### Input records

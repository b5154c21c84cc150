//! What is left over of pushes that were run.
//!
//! A push leaves blocks of memory that nobody needs any more. To give back that memory takes as long as to get
//! it. So who runs pushes under a lock keeps them here, and drops all together when the lock is given back. What
//! is kept takes no memory beside what it has: what there is no room for is dropped at once.

use crate::prepared::Prepared;
use hg_types::{BoxedPart, BoxedSeq, Entry, Node, PageItems, Phase};
use std::alloc::{Allocator, Global};
use std::marker::Model;

/// A part, or a list that was read of one, that is left over.
#[derive(Drop)]
pub(crate) enum Leftover<A: Allocator = Global> {
    Nothing,
    Part(BoxedPart<A>),
    Group(BoxedSeq<Entry<A>, A>),
    Heads(BoxedSeq<(Phase, Node), A>),
}

/// What is left over of pushes, to be dropped: the first twelve parts and lists, and the rest of a list of staged parts.
/// Contracts see nothing of it.
#[derive(Drop)]
pub struct Spent<A: Allocator = Global> {
    count: usize,
    first: Leftover<A>,
    second: Leftover<A>,
    third: Leftover<A>,
    fourth: Leftover<A>,
    fifth: Leftover<A>,
    sixth: Leftover<A>,
    seventh: Leftover<A>,
    eighth: Leftover<A>,
    ninth: Leftover<A>,
    tenth: Leftover<A>,
    eleventh: Leftover<A>,
    twelfth: Leftover<A>,
    staged: Option<PageItems<Prepared<A>, A>>,
}

impl<A: Allocator> Model for Spent<A> {
    ghost Value = { Unit {0} };

    ghost view = { λ s. tt };
}

impl<A: Allocator> Spent<A> {
    /// Nothing.
    pub fn new() -> Self {
        Spent {
            count: 0,
            first: Leftover::Nothing,
            second: Leftover::Nothing,
            third: Leftover::Nothing,
            fourth: Leftover::Nothing,
            fifth: Leftover::Nothing,
            sixth: Leftover::Nothing,
            seventh: Leftover::Nothing,
            eighth: Leftover::Nothing,
            ninth: Leftover::Nothing,
            tenth: Leftover::Nothing,
            eleventh: Leftover::Nothing,
            twelfth: Leftover::Nothing,
            staged: None,
        }
    }

    /// Keeps the parts that a push had staged, or what was left of their list, in the place of an earlier one.
    pub fn keep_staged(&mut self, staged: PageItems<Prepared<A>, A>) {
        self.staged = Some(staged);
    }

    /// Keeps it, where there is room.
    #[inline(always)]
    pub(crate) fn keep(&mut self, leftover: Leftover<A>) {
        if matches!(leftover, Leftover::Nothing) {
            return;
        }
        let place = match self.count {
            0 => &mut self.first,
            1 => &mut self.second,
            2 => &mut self.third,
            3 => &mut self.fourth,
            4 => &mut self.fifth,
            5 => &mut self.sixth,
            6 => &mut self.seventh,
            7 => &mut self.eighth,
            8 => &mut self.ninth,
            9 => &mut self.tenth,
            10 => &mut self.eleventh,
            11 => &mut self.twelfth,
            _ => return,
        };
        *place = leftover;
        self.count = self.count.saturating_add(1);
    }
}
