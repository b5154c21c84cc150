//! Copies of what was read.

ghost use Rattle.std.specs.Prelude.{◌≡◌, IfOk};

use crate::prepared::{Prepared, Reading};
use hg_types::{BoxedSeq, NoMemory, Seq, TryClone, try_clone_each};
use std::alloc::Allocator;

impl<A: Allocator + Copy> TryClone<A> for Prepared<A> {
    fn try_clone(&self, alloc: A) -> Result<Self, NoMemory> {
        let reading = self.reading.try_clone(alloc)?;
        let part = self.part.try_clone(alloc)?;
        Ok(Prepared { reading, part })
    }
}

impl<A: Allocator + Copy> TryClone<A> for Reading<A> {
    fn try_clone(&self, alloc: A) -> Result<Self, NoMemory> {
        let reading = match self {
            Reading::Unsupported => Reading::Unsupported,
            Reading::Malformed => Reading::Malformed,
            Reading::ReplyCaps => Reading::ReplyCaps,
            Reading::Check(kind) => Reading::Check(*kind),
            Reading::PhaseHeads(entries) => Reading::PhaseHeads(copy_of(alloc, entries)?),
            Reading::Bookmarks => Reading::Bookmarks,
            Reading::Obsmarkers(markers) => Reading::Obsmarkers(markers.try_clone(alloc)?),
            Reading::ChangeGroup { target, entries } => Reading::ChangeGroup {
                target: *target,
                entries: clone_of(alloc, entries)?,
            },
            Reading::Pushkey => Reading::Pushkey,
            Reading::Output => Reading::Output,
            Reading::ErrorAbort => Reading::ErrorAbort,
        };
        Ok(reading)
    }
}

/// A copy of a list, item by item.
pub fn clone_of<T: TryClone<A> + Drop, A: Allocator + Copy>(
    alloc: A,
    list: &BoxedSeq<T, A>,
) -> Result<BoxedSeq<T, A>, NoMemory>
    ensures { IfOk result (λ copy. copy ≡ list.now) }
{
    BoxedSeq::new(alloc, try_clone_each(alloc, list.as_slice())?)
}

/// A copy of a list whose items need no memory.
fn copy_of<T: Copy, A: Allocator + Copy>(
    alloc: A,
    list: &BoxedSeq<T, A>,
) -> Result<BoxedSeq<T, A>, NoMemory>
    ensures { IfOk result (λ copy. copy ≡ list.now) }
{
    let items = Vec::from_slice(alloc, list.as_slice())?;
    BoxedSeq::new(alloc, Seq::from_vec(items))
}
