//! Parts that are read before their turn.
//!
//! What a part's bytes say without the repository is read when the part comes: whether it is supported, and
//! the payloads of `changegroup`, `phase-heads` and `obsmarkers`. A payload that was read is dropped, and the
//! content of manifests and files with it; so is that of a part that is not supported or has a fault. All
//! other payloads stay, also those of `replycaps`, `output`, `pushkey` and `error:abort`, which nobody looks
//! at. What is left is a [`Prepared`]. A fault that reading finds is kept there, and reported when the part's
//! turn comes: a part before it may refuse the push for another reason.

ghost use Rattle.std.specs.Prelude.{◌≡◌, IfOk};
ghost use Rattle.hg_types.specs.declared.part.Part.{Part as AnyPart};
ghost use Rattle.hg_parts.specs.PartTypes.{is_reply_caps, support_of};
ghost use Rattle.hg_parts.specs.Prepared.{is_read, is_replycaps, kept_with, reading_of, IsMadeOf};

use crate::parts::changegroup::read_changegroup;
use crate::parts::obsmarkers::{MarkerData, read_obsmarkers};
use crate::parts::phase_heads::read_phase_heads;
use crate::table::{PartType, supported_type};
use hg_cgroup::hash_texts;
use hg_checks::CheckKind;
use hg_types::{BoxedPart, BoxedSeq, Entry, NoMemory, Node, Part, Phase};
use std::alloc::{Allocator, Global};

/// What a part says without the repository. A type of part that is named alone is read in its turn.
#[derive(Drop)]
pub enum Reading<A: Allocator = Global> {
    /// Its type is not known, or a mandatory parameter of it is not.
    Unsupported,
    /// Its bytes do not have the format of its type.
    Malformed,
    ReplyCaps,
    Check(CheckKind),
    /// The changesets of `phase-heads`, each after its phase.
    PhaseHeads(BoxedSeq<(Phase, Node), A>),
    Bookmarks,
    /// The markers of `obsmarkers`.
    Obsmarkers(MarkerData<A>),
    /// The changesets of `changegroup`, and the phase that its `targetphase` names.
    ChangeGroup {
        target: Phase,
        entries: BoxedSeq<Entry<A>, A>,
    },
    Pushkey,
    Output,
    ErrorAbort,
}

/// A part that waits for its turn: what it says without the repository, and what else is wanted of it.
#[derive(Drop)]
pub struct Prepared<A: Allocator = Global> {
    pub(crate) reading: Reading<A>,
    /// Without its payload, where that was read, or the part is not supported or has a fault.
    pub(crate) part: BoxedPart<A>,
}

/// The bytes of a payload from which on it may have several texts.
const SEVERAL: usize = 512;

/// Reads a part as far as that goes without the repository, and drops what was read.
#[tactic(auto, unfolding(crate::specs::Prepared::IsMadeOf))]
pub fn prepare<A: Allocator + Copy>(alloc: A, part: BoxedPart<A>) -> Result<Prepared<A>, NoMemory>
    ensures { IfOk result (λ prepared. IsMadeOf part prepared) }
{
    let reading = read_part(alloc, part.as_part())?;
    Ok(keep(part, reading))
}

/// Hashes the texts that a part's payload carries whole, before the part's turn comes. The part is as it was:
/// [`prepare`] takes these hashes over, so that they are not made where others wait.
pub fn hash_ahead<A: Allocator + Copy>(mut part: BoxedPart<A>) -> BoxedPart<A>
    ensures { result ≡ part }
{
    if is_group_with_bases(part.as_part()) {
        let mut payload = part.take_payload();
        hash_texts(&mut payload);
        part.set_payload(payload);
    }
    part
}

/// The same where there may be several texts, which are hashed side by side in less time. One alone is as well hashed in
/// its turn, where nobody waits for that.
pub fn hash_several<A: Allocator + Copy>(part: BoxedPart<A>) -> BoxedPart<A>
    ensures { result ≡ part }
{
    if part.as_part().payload.len() < SEVERAL {
        return part;
    }
    hash_ahead(part)
}

/// The same for each of these parts.
pub fn hash_several_of_each<A: Allocator + Copy>(parts: &mut [Part<A>])
    ensures { parts.new ≡ parts.old }
{
    'parts: for number in 0..parts.len() {
        hash_part(&mut parts[number]);
    }
}

/// The same for a part that stands where it is.
fn hash_part<A: Allocator + Copy>(part: &mut Part<A>)
    ensures { part.new ≡ part.old }
{
    if part.payload.len() >= SEVERAL && is_group_with_bases(part) {
        hash_texts(&mut part.payload);
    }
}

/// Whether the part is a changegroup of the version that names the base of each delta.
fn is_group_with_bases<A: Allocator>(part: &Part<A>) -> bool {
    matches!(supported_type(part), Some(PartType::ChangeGroup))
        && part.param(b"version") == Some(b"02".as_slice())
}

impl<A: Allocator> Prepared<A> {
    /// Whether parts leave replies after this one.
    pub fn starts_replies(&self) -> bool
        ensures { (part : AnyPart A) → IsMadeOf part self.now → result ≡ is_reply_caps (support_of part) }
    {
        is_replycaps(&self.reading)
    }
}

/// What is kept of a part that was read so.
pub(crate) fn keep<A: Allocator + Copy>(mut part: BoxedPart<A>, reading: Reading<A>) -> Prepared<A>
    ensures { result ≡ kept_with part reading }
{
    if is_read(&reading) {
        drop(part.take_payload());
    }
    Prepared { reading, part }
}

/// Whether the payload is dropped.
fn is_read<A: Allocator>(reading: &Reading<A>) -> bool
    ensures { result ≡ is_read reading.now }
{
    match reading {
        Reading::Unsupported
        | Reading::Malformed
        | Reading::PhaseHeads(_)
        | Reading::Obsmarkers(_)
        | Reading::ChangeGroup { .. } => true,
        Reading::ReplyCaps
        | Reading::Check(_)
        | Reading::Bookmarks
        | Reading::Pushkey
        | Reading::Output
        | Reading::ErrorAbort => false,
    }
}

/// Whether the part is a `replycaps` that is supported.
fn is_replycaps<A: Allocator>(reading: &Reading<A>) -> bool
    ensures { result ≡ is_replycaps reading.now }
{
    matches!(reading, Reading::ReplyCaps)
}

/// What a part says without the repository.
pub fn read_part<A: Allocator + Copy>(alloc: A, part: &Part<A>) -> Result<Reading<A>, NoMemory>
    ensures { IfOk result (λ reading. reading ≡ reading_of part.now) }
{
    let Some(part_type) = supported_type(part) else {
        return Ok(Reading::Unsupported);
    };
    match part_type {
        PartType::ReplyCaps => Ok(Reading::ReplyCaps),
        PartType::Check(kind) => Ok(Reading::Check(kind)),
        PartType::PhaseHeads => read_phase_heads(alloc, part),
        PartType::Bookmarks => Ok(Reading::Bookmarks),
        PartType::Obsmarkers => read_obsmarkers(alloc, part),
        PartType::ChangeGroup => read_changegroup(alloc, part),
        PartType::Pushkey => Ok(Reading::Pushkey),
        PartType::Output => Ok(Reading::Output),
        PartType::ErrorAbort => Ok(Reading::ErrorAbort),
    }
}
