//! A part that a push sent, which may have been read already.
//!
//! What a part's bytes say without the repository can be read by whoever receives it, where no other waits. Then what
//! was read stands in the place of the part, and the payload is given back. Contracts see the part as it was sent.

ghost use Rattle.std.specs.Prelude.{◌≡◌, IfOk, IfSome};
ghost use Rattle.hg_parts.specs.Prepared.{IsMadeOf};

use crate::prepared::{Prepared, hash_ahead, keep, prepare, read_part};
use hg_types::{BoxedPart, NoMemory, Noted, Part, TryClone};
use std::alloc::{Allocator, Global};
use std::marker::Model;

/// How a part is held: as it came, or read as far as that goes without the repository.
#[derive(Drop)]
enum Held<A: Allocator = Global> {
    AsItCame(BoxedPart<A>),
    Read(Prepared<A>),
}

/// A part that a push sent, which contracts see alone. It may have been read already: then its payload may be gone,
/// and what is kept is what reading this very part gives.
#[derive(Drop)]
pub struct SentPart<A: Allocator = Global> {
    held: Held<A>,
    /// The part that was read, if it was. It takes no memory.
    sent: Noted<Part<A>>,
}

impl<A: Allocator> Model for SentPart<A> {
    ghost use Rattle.hg_types.specs.declared.part.Part.{Part as PartValue};
    ghost use Rattle.hg_parts.specs.code.Sent.{part_in, IsReadOf};

    ghost Value = { PartValue A };

    ghost view = { λ s. part_in s.held s.sent.items };

    ghost invariant = { λ s. IsReadOf (part_in s.held s.sent.items) s.held };
}

impl<A: Allocator> SentPart<A> {
    /// The part as it came. It is read in its turn, and takes no memory before.
    pub fn as_it_came(part: BoxedPart<A>) -> Self
        ensures { result ≡ part }
    {
        SentPart {
            held: Held::AsItCame(part),
            sent: Noted::nothing(),
        }
    }

    /// The part, where it is as it came.
    pub fn whole(&self) -> Option<&Part<A>>
        ensures { IfSome result (λ part. part.now ≡ self.now) }
    {
        match &self.held {
            Held::AsItCame(part) => Some(part.as_part()),
            Held::Read(_) => None,
        }
    }
}

impl<A: Allocator + Copy> SentPart<A> {
    /// Reads the part before its turn, and hashes the texts that it carries whole. Where memory is refused for what
    /// is read, the part stays as it came.
    pub fn read_ahead(part: BoxedPart<A>) -> Self
        ensures { result ≡ part }
    {
        let part = hash_ahead(part);
        let alloc = part.allocator();
        match read_part(alloc, part.as_part()) {
            Ok(reading) => {
                let sent = Noted::of(part.as_part());
                let held = Held::Read(keep(part, reading));
                SentPart { held, sent }
            }
            Err(NoMemory) => SentPart::as_it_came(part),
        }
    }

    /// What the part says without the repository, and what else is kept of it. It is read now where it was not read
    /// ahead: else it takes no memory.
    pub fn prepared(self, alloc: A) -> Result<Prepared<A>, NoMemory>
        ensures { IfOk result (λ prepared. IsMadeOf self prepared) }
    {
        match self.held {
            Held::Read(prepared) => Ok(prepared),
            Held::AsItCame(part) => prepare(alloc, part),
        }
    }
}

/// A copy of one that was read is of what was read.
impl<A: Allocator + Copy> TryClone<A> for SentPart<A> {
    fn try_clone(&self, alloc: A) -> Result<Self, NoMemory> {
        let held = match &self.held {
            Held::AsItCame(part) => Held::AsItCame(part.try_clone(alloc)?),
            Held::Read(prepared) => Held::Read(prepared.try_clone(alloc)?),
        };
        let sent = self.sent.again();
        Ok(SentPart { held, sent })
    }
}
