//! What each type of part asks of a repository.
//!
//! A [`Store`] is what parts change in place: the changelog, the phases, the markers and the bookmarks.
//! [`handle_part`] handles one part on it, in its [`Turn`], and gives its reply, if it has one, or the
//! [`Refusal`] of its push. [`Store::savepoint`] and [`Store::back_to`] take back what a push did. Contracts see a repository as a
//! value, the record `Repository`, and handling as the function `handle` on it.
//!
//! A push sends [`Item`]s: parts, and a mark. A [`SentPart`] may have been read, as far as that goes without a
//! repository, by whoever received it.
//!
//! Each type of part is a module of `parts`, with its definition beside it in `specs/parts`. Nothing here
//! starts a thread or waits.
#![tactic(auto)]

mod copies;
mod handle;
mod item;
pub mod laws;
mod params;
mod parts;
mod prepared;
mod refusal;
mod replies;
mod sent;
mod source;
mod spent;
mod store;
mod table;
mod turn;

pub use handle::{handle_part, handle_prepared};
pub use item::{CutReason, Item, Taken, What};
pub use prepared::{Prepared, hash_ahead, hash_several, hash_several_of_each, prepare};
pub use refusal::{RaceText, Refusal};
pub use sent::SentPart;
pub use source::Source;
pub use spent::Spent;
pub use store::{Store, StoreSavepoint};
pub use table::starts_replies;
pub use turn::Turn;
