// What a certificate shows, in words; none where memory is wanting.
fn said_of(alloc: Global, checked: &Checked, ground: &Ground, cert: &Cert) -> Option<String> {
    let facts = Facts::counted(alloc, checked, ground.grain(), ground.table(), cert).ok()?;
    told(alloc, &facts).ok()
}

// A table of intervals for worked states.
fn intervals_with(
    alloc: Global,
    checked: &Checked,
    worked: &Worked<'_>,
) -> Result<Table, AllocError>
    requires worked { AreWorkedOut checked.now.client worked.now }
    requires steps { own_form worked.now.ground ≡ Form.Arrays }
    ensures { IfOk result (IsTableFor Form.Intervals checked.now.client worked.now) }
{
    let intervals = intervals_for(alloc, checked, worked)?;
    Ok(Table::Intervals(intervals))
}

// Writes worked states to this path with the table of their search.
fn worked_searched<R: Threads + Wait + Sync, F: Files>(
    rt: &R,
    alloc: Global,
    files: &mut F,
    path: &str,
    checked: &Checked,
    worked: &Worked<'_>,
    workers: Workers,
) -> Result<Taken, Failure>
    requires worked { AreWorkedOut checked.now.client worked.now }
    ensures { IfOk result (λ taken. IsSpelledFrom (own_form worked.now.ground) checked.now.client worked.now taken.which.numbers) }
{
    let table = worked.ground.table();
    let taken = file_worked(rt, alloc, files, path, checked, worked, table, workers)?;
    Ok(taken)
}

// Writes them with a table of intervals.
fn worked_anew<R: Threads + Wait + Sync, F: Files>(
    rt: &R,
    alloc: Global,
    files: &mut F,
    path: &str,
    checked: &Checked,
    worked: &Worked<'_>,
    workers: Workers,
) -> Result<Taken, Failure>
    requires worked { AreWorkedOut checked.now.client worked.now }
    requires steps { own_form worked.now.ground ≡ Form.Arrays }
    ensures { IfOk result (λ taken. IsSpelledFrom Form.Intervals checked.now.client worked.now taken.which.numbers) }
{
    let anew = intervals_with(alloc, checked, worked)?;
    let taken = file_worked(rt, alloc, files, path, checked, worked, &anew, workers)?;
    Ok(taken)
}

// Writes them with the table that is asked for.
fn worked_in_form<R: Threads + Wait + Sync, F: Files>(
    rt: &R,
    alloc: Global,
    files: &mut F,
    path: &str,
    form: Form,
    checked: &Checked,
    worked: &Worked<'_>,
    workers: Workers,
) -> Result<Taken, Failure>
    requires worked { AreWorkedOut checked.now.client worked.now }
    requires grain { grain_of worked.now.ground ≡ grain_of_form form }
    ensures { IfOk result (λ taken. IsSpelledFrom form checked.now.client worked.now taken.which.numbers) }
{
    match form {
        Form::Arrays | Form::Crossings => {
            worked_searched(rt, alloc, files, path, checked, worked, workers)
        }
        Form::Intervals => worked_anew(rt, alloc, files, path, checked, worked, workers),
    }
}

// Writes worked states to this path, if there is one, and says what the file has taken.
fn write_worked<R: Threads + Wait + Sync, F: Files>(
    rt: &R,
    alloc: Global,
    files: &mut F,
    search: &Search<'_>,
    checked: &Checked,
    worked: &Worked<'_>,
) -> Result<Option<Taken>, Failure>
    requires worked { AreWorkedOut checked.now.client worked.now }
    requires grain { grain_of worked.now.ground ≡ grain_of_form search.now.form }
    ensures taken { IfOk result (HasTakenFrom search.now.form checked.now.client worked.now) }
    ensures asked { IfOk result (λ taken. IsAsked (is_some search.now.cert) taken None) }
{
    let Some(path) = search.cert else {
        has_tree(checked, worked);
        return Ok(None);
    };
    let taken = worked_in_form(
        rt,
        alloc,
        files,
        path,
        search.form,
        checked,
        worked,
        search.workers,
    )?;
    Ok(Some(taken))
}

######

**Exercise prompt**:
Find the word "Model" in the listing and copy each line that contains it.

**Answer for the task**:
use std::marker::Model;
impl<A: Allocator> Model for Spent<A> {
use std::marker::Model;
impl<A: Allocator> Model for SentPart<A> {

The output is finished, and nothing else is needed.